Nobody seemed to have noticed that the column store data is exactly the same format as bitmap indexes on a single column. So, if we had a bitmap index on every column in a table we would be able to use exactly the same algorithm to extract data as column store databases do. The only implementation barriers would be that we don't yet have index-only scans, nor do we have the ability to have columns that are stored *only* in the index. This latter capability would mean that the heap row might actually hold only the visibility information and all other data would be held in indexes. I admit it sounds crazy, but it is exactly what column stores already do to extract data from the individual columns; we can do that also, it would be just an additional step in the executor to retrieve columns and assemble a result row.

Now the beauty of this approach is that you don't have to make choices between using a row and a column store database. You can choose, column-by-column if you wish, which columns will be "column-oriented" and which columns are "row-oriented", or you can have both.

So the things we need to make row/column hybrids work in PostgreSQL are

* Bitmap indexes
* Index-only scans
* Index-only columns

So core Postgres is at least one release away from that.

There are a couple of other thoughts alongside that as well. First is "join removal", now in 8.5, which is an optimizer technique for removing tables that we don't actually need to answer queries. I was very interested in that because it allows us to speed up queries by providing a mechanism for vertically partitioned tables - splitting a table into many tables each with a subset of columns. If you slice them up correctly then you avoid significant I/O when accessing tables when you only want a few of the columns. It was the first step in the right direction and I pursued it initially because it required only optimizer changes to make it work. I'll explain more about that on another post.

Last thought is about Greenplum and of course the new Single Node Edition. The latest version now has column-oriented storage as well as row oriented storage. So you have the option of choosing the design that will work best for your needs. It's a step towards where I'd like to see us go, plus GP is at least a year ahead of core Postgres in getting some form of column orientation. Initial indications are that it is faster also, though I've yet to do any objective performance tests.

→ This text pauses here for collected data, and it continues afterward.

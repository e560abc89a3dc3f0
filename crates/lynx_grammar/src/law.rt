//! What holds of every list of tokens.

ghost use Rattle.std.specs.Prelude.{◌≡◌, List};
ghost use Rattle.lynx_lexer.specs.declared.token.Kind.{Kind};
ghost use Rattle.lynx_tree.specs.Grammar.{IsModule};
ghost use Rattle.lynx_tree.specs.Trees.{ModuleTree};

/// A list of tokens has at most one tree.
pub fn one_tree()
    ensures { (tokens : List Kind) (a b : ModuleTree) → IsModule a tokens → IsModule b tokens → a ≡ b }
{}
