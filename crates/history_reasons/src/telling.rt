//! A text that is being written, and its phrases.

use charlotte_calls::{EndId, NoMemory, Pid, Side};
use charlotte_text::push_number;
use history_text::Draft;
use link_service::{Place, Service};
use std::alloc::Global;

/// The words so far, with the names and the state that they are about.
#[derive(Drop)]
pub(crate) struct Telling<'h> {
    draft: &'h Draft,
    pub(crate) service: &'h Service,
    text: Vec<u8>,
}

impl<'h> Telling<'h> {
    pub(crate) fn new(alloc: Global, draft: &'h Draft, service: &'h Service) -> Telling<'h> {
        Telling {
            draft,
            service,
            text: Vec::new(alloc),
        }
    }

    pub(crate) fn into_text(self) -> Vec<u8> {
        self.text
    }

    pub(crate) fn buffer(&mut self) -> &mut Vec<u8> {
        &mut self.text
    }

    pub(crate) fn words(&mut self, words: &[u8]) -> Result<(), NoMemory> {
        self.text.extend_from_slice(words)?;
        Ok(())
    }

    pub(crate) fn number(&mut self, number: u64) -> Result<(), NoMemory> {
        push_number(&mut self.text, number)
    }

    pub(crate) fn process(&mut self, p: Pid) -> Result<(), NoMemory> {
        let name = self.draft.name_of_process(p);
        self.words(name)
    }

    /// An end, as `mail.a`.
    pub(crate) fn end(&mut self, e: EndId) -> Result<(), NoMemory> {
        let name = self.draft.name_of_link(e.link);
        self.words(name)?;
        match e.side {
            Side::A => self.words(b".a"),
            Side::B => self.words(b".b"),
        }
    }

    /// Words, and an end behind them.
    pub(crate) fn of_end(&mut self, words: &[u8], e: EndId) -> Result<(), NoMemory> {
        self.words(words)?;
        self.end(e)
    }

    /// Message n of an end.
    pub(crate) fn message(&mut self, n: u32, e: EndId) -> Result<(), NoMemory> {
        self.words(b"message ")?;
        self.number(u64::from(n))?;
        self.of_end(b" of ", e)
    }

    /// Where an end is.
    pub(crate) fn place(&mut self, e: EndId) -> Result<(), NoMemory> {
        match self.service.place(e) {
            Place::Owned(p) => {
                self.end(e)?;
                self.words(b" is owned by ")?;
                self.process(p)
            }
            Place::InMessage(on, n) => {
                self.end(e)?;
                self.words(b" is in ")?;
                self.message(n, on)
            }
            Place::Destroyed => {
                self.end(e)?;
                self.words(b" is destroyed")
            }
            Place::Unmade => self.words(b"there is no such link"),
        }
    }

    pub(crate) fn noticed(&mut self, e: EndId) -> Result<(), NoMemory> {
        self.of_end(b"the death of the link was noticed at ", e)
    }

    /// Whether a Cancel of an end waits.
    pub(crate) fn flag(&mut self, waits: bool, e: EndId) -> Result<(), NoMemory> {
        if waits {
            self.of_end(b"a Cancel of ", e)?;
        } else {
            self.of_end(b"no Cancel of ", e)?;
        }
        self.words(b" waits")
    }
}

Been busy.

Tuesday, 5 January 2010

Extra Cost Option

Oracle's version of the Hot Standby concept is called Active Data Guard. You may know that Oracle11g was the first release of Oracle to have this functionality, so as of PostgreSQL 8.5, we will be on par. Probably worth adding that IBM DB2 doesn't have anything similar.

Someone just pointed out to me that Active Data Guard is an extra cost option with Oracle. Please point this out to your IT Manager!

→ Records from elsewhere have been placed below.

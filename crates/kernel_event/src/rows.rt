ghost use Rattle.std.specs.Prelude.{◌≡◌, []};
ghost use Rattle.charlotte_packets.specs.Packets.{what_picture};
ghost use Rattle.charlotte_calls.specs.declared.names.EndId.{EndId};
ghost use Rattle.end_table.specs.Table.{entries};
ghost use Rattle.end_table.specs.declared.entry.Entry.{Entry};
ghost use Rattle.end_table.specs.declared.entry.Entry.TheVariants.{Here};
ghost use Rattle.kernel_step.specs.Enclosed.{IsReady};
ghost use Rattle.kernel_event.specs.Places.{ArePlaced, brought};
ghost use Rattle.kernel_event.specs.Room.{room_of_packet};
ghost use Rattle.kernel_step.specs.Progress.{progress, HasRoom, StaysWithin};
ghost use Rattle.kernel_step.specs.Room.{room_of_gone};
ghost use Rattle.kernel_step.specs.Rows.{row, gone_row, gone_here};

use crate::back::{Returned, back};
use crate::death::{notice_first, tell_seen};
use crate::parcel::{Head, parcel};
use cancel_core::{finished, unwant, unwanted, want};
use charlotte_calls::{EndId, ServiceStep};
use charlotte_packets::{What, Work};
use end_table::{Entry, HereView, Table};
use kernel_step::{Site, is_withdrawing, push_packet, push_step};
use move_core::{forget, gone_seen, known, moved};

/// What a kernel that has made so many links does with a packet from a kernel. The values that the packet brings are taken out of it.
#[inline(always)]
pub fn row(table: &mut Table, made: u32, from: u8, what: &mut What, out: &mut Work)
    requires ready { (e : EndId) → IsReady (entries table.old) e }
    requires placed { ArePlaced table.old (brought what.old) }
    requires first { out.old.packets.items ≡ [] }
    requires room { HasRoom (room_of_packet what.old) out.old }
    ensures part { progress (entries table.new) out.new
        ≡ row table.old.kernel made from (what_picture what.old) (progress (entries table.old) out.old) }
    ensures within { StaysWithin (room_of_packet what.old) table.old table.new out.old out.new }
{
    match what {
        What::Want { to, w, at, hops } => want(table, *to, *w, *at, *hops, out),
        What::Unwant { to, w, at, hops } => unwant(table, *to, *w, *at, *hops, out),
        What::Unwanted { to, w, at, hops } => unwanted(table, *to, *w, *at, *hops, out),
        What::Parcel {
            to,
            n,
            w,
            at,
            hops,
            bytes,
            moving,
        } => {
            let head = Head {
                to: *to,
                n: *n,
                w: *w,
                site: Site {
                    at: *at,
                    hops: *hops,
                },
            };
            parcel(table, made, head, bytes, moving, out)
        }
        What::Taken { to, n, at, hops } => finished(table, *to, *n, *at, *hops, out),
        What::Back { to, n, moving } => {
            let returned = Returned {
                from,
                to: *to,
                n: *n,
            };
            back(table, made, returned, moving, out)
        }
        What::Gone { to, at } => gone(table, *to, *at, out),
        What::Moved { to, at, hops } => moved(table, *to, *at, *hops, out),
        What::Known { to, hops } => known(table, *to, *hops, out),
        What::Forget { to, hops } => forget(table, *to, *hops, out),
        What::GoneSeen { to } => gone_seen(table, *to, out),
    }
}

/// The rule of gone: the opposite end, at kernel `at`, is destroyed.
fn gone(table: &mut Table, to: EndId, at: u8, out: &mut Work)
    requires ready { IsReady (entries table.old) to }
    requires room { HasRoom room_of_gone out.old }
    ensures part { progress (entries table.new) out.new
        ≡ gone_row table.old.kernel to at (entries table.old to) (progress (entries table.old) out.old) }
    ensures within { StaysWithin room_of_gone table.old table.new out.old out.new }
{
    match table.look(to) {
        Entry::Nothing => {}
        Entry::Here(view) => gone_here(table, view, at, out),
        Entry::Left { to: there, .. } => push_packet(out, there, What::Gone { to, at }),
        Entry::Destroyed(_) => {
            tell_seen(out, at, to);
            gone_seen(table, to, out);
        }
    }
}

/// The opposite of an end that is here is destroyed: its death is noticed, unless it was before.
#[tactic(auto, unfolding(kernel_step::specs::Rows::gone_here))]
fn gone_here(table: &mut Table, view: HereView, at: u8, out: &mut Work)
    requires here { entries table.old view.value.end ≡ Here view }
    requires ready { IsReady (entries table.old) view.value.end }
    requires room { HasRoom room_of_gone out.old }
    ensures part { progress (entries table.new) out.new
        ≡ gone_here table.old.kernel at view (progress (entries table.old) out.old) }
    ensures within { StaysWithin room_of_gone table.old table.new out.old out.new }
{
    let on = view.value.end;
    if view.value.dead {
        tell_seen(out, at, on);
        return;
    }
    let dead = is_withdrawing(view.inward);
    push_step(out, ServiceStep::Notice { on, dead });
    notice_first(table, at, view, out);
}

Oracle suggests the following benefits for Active Data Guard
  • Increase performance—Offload unpredictable workloads to an up-to-date replica of the production database
  • Simplify operations—Eliminate management complexity that accompanies traditional replication solutions
  • Eliminate compromise—The reporting replica is up to date and online at all times, which is not possible with traditional storage mirroring technology
  • Reduce cost—An Oracle Active Data Guard physical standby database can also provide disaster recovery and/or serve as a test database—no additional storage or servers required
I think the first one definitely applies for PostgreSQL. The second and third depend upon what you're comparing against. I don't really understand the last claim: yes, the standby provides disaster recovery, but then so did Inactive(?) Data Guard/Warm Standby. And this idea about test databases seems a little strange, since the standby is read-only its not going to be a very useful test database.